Exercise inputs Start Marker

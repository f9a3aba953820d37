//! The stops of an edit, from the document before it.

ghost use Rattle.std.specs.Prelude.{◌≡◌, ◌<◌, ◌++◌, ◌∷◌, [], List, Some, None, IfOk};
ghost use Rattle.forest.specs.Forest.{Forest};
ghost use Rattle.forest.specs.Keys.{Keyed, without_keys};
ghost use Rattle.forest.specs.Paths.{key_at};
ghost use Rattle.forest.specs.Spots.{IsLink, IsLive, on_link};
ghost use Rattle.plain_types.specs.declared.node.Node.{Node};
ghost use Rattle.node_arena.specs.Edits.{place_fault};
ghost use Rattle.merged_walk.specs.EditStops.{changed_stops, come_stop, gone_stop, insertion_stops, moving_stops, on_way, relabelling_stops, removal_stops, stops_into};
ghost use Rattle.merged_walk.specs.Stops.{first_element};
ghost use Rattle.merged_walk.specs.declared.stop.Stop.{Stop};
ghost use Rattle.edit_merge.specs.EditMerges.{edit_stops, inserted_key, is_element, moved_key};

use crate::joining::joined;
use crate::places::{child_path, is_before, old_index};
use merged_walk::stop::{Stop, Way};
use node_arena::arena::Arena;
use node_arena::laws::arena_holds_document;
use plain_types::edit::Edit;
use plain_types::memory::Memory;
use plain_types::path::Path;
use std::alloc::Global;

/// The way to a place.
struct Approach {
    /// The stops into the nodes above it.
    stops: Vec<Stop>,
    /// The node that stands there, if there is one.
    link: Option<usize>,
}

/// The way that a path leads in the document. One that leads past the last child ends there.
fn way_to(alloc: Global, arena: &Arena, path: &[usize]) -> Result<Approach, Memory>
    ensures stops { IfOk result (λ way. way.stops.items ≡ stops_into 0 (on_way path.now arena.now.tree)) }
    ensures link { IfOk result (λ way. way.link ≡ key_at arena.now.tree path.now) }
    ensures live { IfOk result (λ way. IsLink arena.now.tree way.link) }
{
    arena_holds_document(arena);
    let mut stops = Vec::new(alloc);
    let mut link = Some(arena.root());
    for position in path {
        if let Some(key) = link {
            let depth = stops.len();
            stops.push(Stop {
                depth,
                link: Some(key),
                way: Way::Inside,
                from: Some(key),
            })?;
            link = arena.child(key, *position);
        }
    }
    Ok(Approach { stops, link })
}

/// The first element from a node on among its later siblings.
fn first_element(arena: &Arena, link: Option<usize>) -> Option<usize>
    requires live { IsLink arena.now.tree link }
    ensures element { result ≡ first_element is_element (on_link arena.now.tree link) }
{
    arena_holds_document(arena);
    let mut at = link;
    'siblings: while let Some(key) = at {
        if arena.name(key).is_some() {
            return Some(key);
        }
        at = arena.next_sibling(key);
    }
    None
}

/// The stop before a node that goes.
fn gone_stop(arena: &Arena, depth: usize, key: usize) -> Stop
    requires live { IsLive arena.now.tree key }
    ensures stop { result ∷ [] ≡ gone_stop is_element depth (on_link arena.now.tree (Some key)) }
{
    arena_holds_document(arena);
    Stop {
        depth,
        link: arena.next_sibling(key),
        way: Way::Past,
        from: first_element(arena, Some(key)),
    }
}

/// The stop of a node that comes before another, or at the end of a level.
fn come_stop(arena: &Arena, depth: usize, key: usize, link: Option<usize>) -> Stop
    requires live { IsLink arena.now.tree link }
    ensures stop { result ≡ come_stop is_element depth key (on_link arena.now.tree link) }
{
    Stop {
        depth,
        link: Some(key),
        way: Way::Anew,
        from: first_element(arena, link),
    }
}

/// The stops of a node that goes and comes again.
fn changed_stops(arena: &Arena, depth: usize, key: usize) -> (Stop, Stop)
    requires live { IsLive arena.now.tree key }
    ensures stops { result.0 ∷ (result.1 ∷ []) ≡ changed_stops is_element depth (on_link arena.now.tree (Some key)) }
{
    arena_holds_document(arena);
    let from = first_element(arena, Some(key));
    let gone = Stop {
        depth,
        link: Some(key),
        way: Way::Past,
        from,
    };
    let come = come_stop(arena, depth, key, arena.next_sibling(key));
    (gone, come)
}

/// The stops where the node at a path goes.
fn removal_stops(alloc: Global, arena: &Arena, path: &[usize]) -> Result<Vec<Stop>, Memory>
    ensures stops { IfOk result (λ stops. stops.items ≡ removal_stops is_element path.now arena.now.tree) }
{
    arena_holds_document(arena);
    let Approach { mut stops, link } = way_to(alloc, arena, path)?;
    if let Some(key) = link {
        let stop = gone_stop(arena, stops.len(), key);
        stops.push(stop)?;
    }
    Ok(stops)
}

/// The stops where the node at a path goes and comes again.
pub(crate) fn relabelling_stops(
    alloc: Global,
    arena: &Arena,
    path: &[usize],
) -> Result<Vec<Stop>, Memory>
    ensures stops { IfOk result (λ stops. stops.items ≡ relabelling_stops is_element path.now arena.now.tree) }
{
    arena_holds_document(arena);
    let Approach { mut stops, link } = way_to(alloc, arena, path)?;
    if let Some(key) = link {
        let (gone, come) = changed_stops(arena, stops.len(), key);
        stops.push(gone)?;
        stops.push(come)?;
    }
    Ok(stops)
}

/// The stops where a node of this key comes at a path.
fn insertion_stops(
    alloc: Global,
    arena: &Arena,
    path: &[usize],
    key: usize,
) -> Result<Vec<Stop>, Memory>
    ensures stops { IfOk result (λ stops. stops.items ≡ insertion_stops is_element path.now key arena.now.tree) }
{
    arena_holds_document(arena);
    let Approach { mut stops, link } = way_to(alloc, arena, path)?;
    let stop = come_stop(arena, stops.len(), key, link);
    stops.push(stop)?;
    Ok(stops)
}

/// The stops where the node at a path becomes the child of this index of another.
fn moving_stops(
    alloc: Global,
    arena: &Arena,
    from: &Path,
    parent: &Path,
    index: usize,
) -> Result<Vec<Stop>, Memory>
    requires fits { index < usize.MAX }
    ensures stops { IfOk result (λ stops. stops.items ≡ moving_stops is_element from.now parent.now index (moved_key from.now arena.now.tree) arena.now.tree) }
{
    let from_steps = from.as_slice();
    let steps = parent.as_slice();
    let place = child_path(alloc, steps, old_index(from_steps, steps, index))?;
    let key = arena.at(from).unwrap_or(0);
    let gone = removal_stops(alloc, arena, from_steps)?;
    let come = insertion_stops(alloc, arena, place.as_slice(), key)?;
    let is_first = is_before(from_steps, place.as_slice());
    joined(alloc, is_first, gone.as_slice(), come.as_slice())
}

/// The stops of an edit that the document allows and that is not done yet, in tree order. Where it inserts a tree the
/// key of that tree's root is not known yet: 0 stands for it until [`name_inserted`].
///
/// Another sheet has no stops: no node of the document changes, and all is evaluated again.
///
/// It takes memory and time linear in the lengths of the edit's paths, and time linear in the siblings behind its
/// places up to the first element; `Memory` where that is wanting.
pub fn stops_of_edit(alloc: Global, arena: &Arena, edit: &Edit) -> Result<Vec<Stop>, Memory>
    requires allowed { place_fault edit.now (without_keys arena.now.tree) ≡ None }
    ensures stops { IfOk result (λ stops. stops.items ≡ edit_stops edit.now 0 arena.now.tree) }
{
    arena_holds_document(arena);
    match edit {
        Edit::Insert { parent, index, .. } => {
            let place = child_path(alloc, parent.as_slice(), *index)?;
            insertion_stops(alloc, arena, place.as_slice(), 0)
        }
        Edit::Remove { path } => removal_stops(alloc, arena, path.as_slice()),
        Edit::Move {
            from,
            parent,
            index,
        } => moving_stops(alloc, arena, from, parent, *index),
        Edit::SetAttr { path, .. } | Edit::UnsetAttr { path, .. } => {
            relabelling_stops(alloc, arena, path.as_slice())
        }
        Edit::ReplaceSheet { .. } => Ok(Vec::new(alloc)),
    }
}

/// The child of this index of the node at a path.
fn child_at(arena: &Arena, parent: &Path, index: usize) -> Option<usize>
    ensures link { result ≡ key_at arena.now.tree (parent.now ++ index ∷ []) }
{
    arena_holds_document(arena);
    arena.child(arena.at(parent)?, index)
}

/// Puts the key of an inserted root into the stops of the edit, which is done now. Time linear in the edit's path.
pub fn name_inserted(arena: &Arena, edit: &Edit, stops: &mut Vec<Stop>)
    ensures stops { (old : Forest (Keyed Node)) → stops.old.items ≡ edit_stops edit.now 0 old → stops.new.items ≡ edit_stops edit.now (inserted_key edit.now arena.now.tree) old }
{
    if let Edit::Insert { parent, index, .. } = edit {
        if let Some(key) = child_at(arena, parent, *index) {
            put_link(stops, key);
        }
    }
}

/// Lets the last stop go on at this node.
fn put_link(stops: &mut Vec<Stop>, key: usize)
    ensures last { (before : List Stop) (stop : Stop) → stops.old.items ≡ before ++ stop ∷ [] → stops.new.items ≡ before ++ record stop { link = Some key } ∷ [] }
{
    if let Some(last) = stops.len().checked_sub(1) {
        let stop = stops[last];
        stops[last] = Stop {
            link: Some(key),
            ..stop
        };
    }
}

Exercise inputs End Marker

**What you will do**
Each line of the entries above that contains "position" is to be copied.

**Final answer**
    for position in path {
            link = arena.child(key, *position);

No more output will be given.